I'll print a map of the new area I'm trapping, then laminate it with clear packing tape. This gives me an easy map to mark on with a grease pen or dry erase marker. Sometimes I'll also take pictures to remind myself of how I'm made a set so that I can see what has been working and what I might be doing wrong.


----------



## fr3db3ar (Aug 6, 2011)

:welcome: and good luck with your trapping.


----------



## MoZach (Nov 19, 2013)

Thanks for all the tips guys. Very appreciated


----------



## 220swift (Mar 2, 2011)

Good luck MoZach, may all your chains be tight!


----------



## azpredatorhunter (Jul 24, 2012)

Pen and Paper...and the GPS.


----------



## homer (Jan 20, 2013)

Never thought about taking a picture of the area but that's a great idea always got my cell phone.


----------



## coyotejon (Feb 4, 2010)

Memory unless trapping rat huts in the winter then I grab utility marking flags from work and mark the huts. Try setting 30 rat huts and remembering where all your traps are......not fun.


----------



## Helmet_S (Mar 18, 2010)

MoZach where at in Missouri are you? I am in Warrenton, MO which is about an hour west of St. Louis.
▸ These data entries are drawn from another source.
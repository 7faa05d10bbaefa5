//! Laws of the definitions: each function's contract is the law, and its body is empty.
//!
//! They hold of a kernel whose programs are any machines. `run` begins with any state unless a law speaks of the one at
//! the start.

ghost use Rattle.std.specs.Prelude.{◌≡◌, ◌≤◌, ◌<◌, ℕ, List, Bool, Some, None, true, count_by, length};
ghost use Rattle.mem_files.specs.Name.{Bytes, Name};
ghost use Rattle.mem_files.specs.Listing.{AreFiles};
ghost use Rattle.user_calls.specs.declared.calls.Call.{Call};
ghost use Rattle.proc_table.specs.Slots.{at, is_running};
ghost use Rattle.kernel_model.specs.declared.events.Event.{Event};
ghost use Rattle.kernel_model.specs.KernelState.{KernelState};
ghost use Rattle.kernel_model.specs.Boot.{boot_kernel};
ghost use Rattle.kernel_model.specs.Pipes.{pipe_of};
ghost use Rattle.kernel_model.specs.Sound.{IsSound, Keeps};
ghost use Rattle.kernel_model.specs.Along.{IsAlong};
ghost use Rattle.kernel_model.specs.Lasting.{IsLater};
ghost use Rattle.kernel_model.specs.Events.{acted, run};
ghost use Rattle.kernel_model.specs.Quiet.{no_refusals};

use user_calls::Machine;

/// A kernel is sound at its start: each entry counts the descriptors that hold it, and there are 64 slots, each with 16
/// descriptors. No process runs.
pub fn a_kernel_is_sound_at_its_start<M: Machine>()
    ensures sound { (init shell : M.State) (input : Bytes) (list : List (Name × Bytes)) → IsSound (boot_kernel init shell input list).table (boot_kernel init shell input list).entries }
    ensures nobody_runs { (init shell : M.State) (input : Bytes) (list : List (Name × Bytes)) → count_by is_running (boot_kernel init shell input list).table ≡ 0 }
{}

/// Each call of a running process keeps a kernel sound, refused or not; after it that process no longer runs, and as
/// many others run as before.
pub fn each_call_keeps_a_kernel_sound<M: Machine>()
    ensures { (k : KernelState M.State) (pid : ℕ) (after : M.State) (call : Call) (refused : Bool) → AreFiles k.files → IsSound k.table k.entries → is_running (at k.table pid) ≡ true
        → Keeps (count_by is_running k.table) (acted k pid after call refused).table (acted k pid after call refused).entries }
{}

/// No call takes these back: how many events there were, the first refusal's mark, and that no pipe has the name of an
/// event to come.
pub fn what_no_call_takes_back<M: Machine>()
    ensures { (k : KernelState M.State) (pid : ℕ) (after : M.State) (call : Call) (refused : Bool) → IsAlong k (acted k pid after call refused) }
{}

/// Over a run its events are counted, and the first refusal's mark is kept.
pub fn a_run_counts_its_events<M: Machine>()
    ensures { (k m : KernelState M.State) (events : List Event) (notes : List Bool) → run M.call_of M.next_of (Some k) events notes ≡ Some m → IsLater k (length events) m }
{}

/// No pipe is ever made under a name that another one has: in a run from the start, no pipe has the number of an event to
/// come as its name.
pub fn a_pipe_gets_a_new_name<M: Machine>()
    ensures { (init shell : M.State) (input : Bytes) (list : List (Name × Bytes)) (m : KernelState M.State) (events : List Event) (notes : List Bool) (id : ℕ)
        → run M.call_of M.next_of (Some (boot_kernel init shell input list)) events notes ≡ Some m → length events < id → pipe_of m.pipes id ≡ None }
{}

/// The schedule of a run that marked nothing determines it, whatever its notes: it is the run in which memory was never
/// refused, and there is one such run.
pub fn a_schedule_determines_an_unmarked_run<M: Machine>()
    ensures quiet { (k m : KernelState M.State) (events : List Event) (notes : List Bool) → run M.call_of M.next_of (Some k) events notes ≡ Some m → m.full ≡ None
        → run M.call_of M.next_of (Some k) events (no_refusals events) ≡ Some m }
    ensures one { (k m n : KernelState M.State) (events : List Event) (notes others : List Bool) → run M.call_of M.next_of (Some k) events notes ≡ Some m
        → run M.call_of M.next_of (Some k) events others ≡ Some n → m.full ≡ None → n.full ≡ None → m ≡ n }
{}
My water traps I usually use a stick placed in a manor that I will notice it but someone walking by probably wouldn't think anything about it. Land traps I just make sure I know where they are at and hope I remember. Usually if I lose one, I stop and look at the area and ask myself where I would set a trap. 9 times out of 10 there is my trap when I start poking around with a stick.


----------



## MoZach (Nov 19, 2013)

Helmet_S said:


> MoZach where at in Missouri are you? I am in Warrenton, MO which is about an hour west of St. Louis.
> 
> My water traps I usually use a stick placed in a manor that I will notice it but someone walking by probably wouldn't think anything about it. Land traps I just make sure I know where they are at and hope I remember. Usually if I lose one, I stop and look at the area and ask myself where I would set a trap. 9 times out of 10 there is my trap when I start poking around with a stick.


I live about 15 minutes west of Washington


----------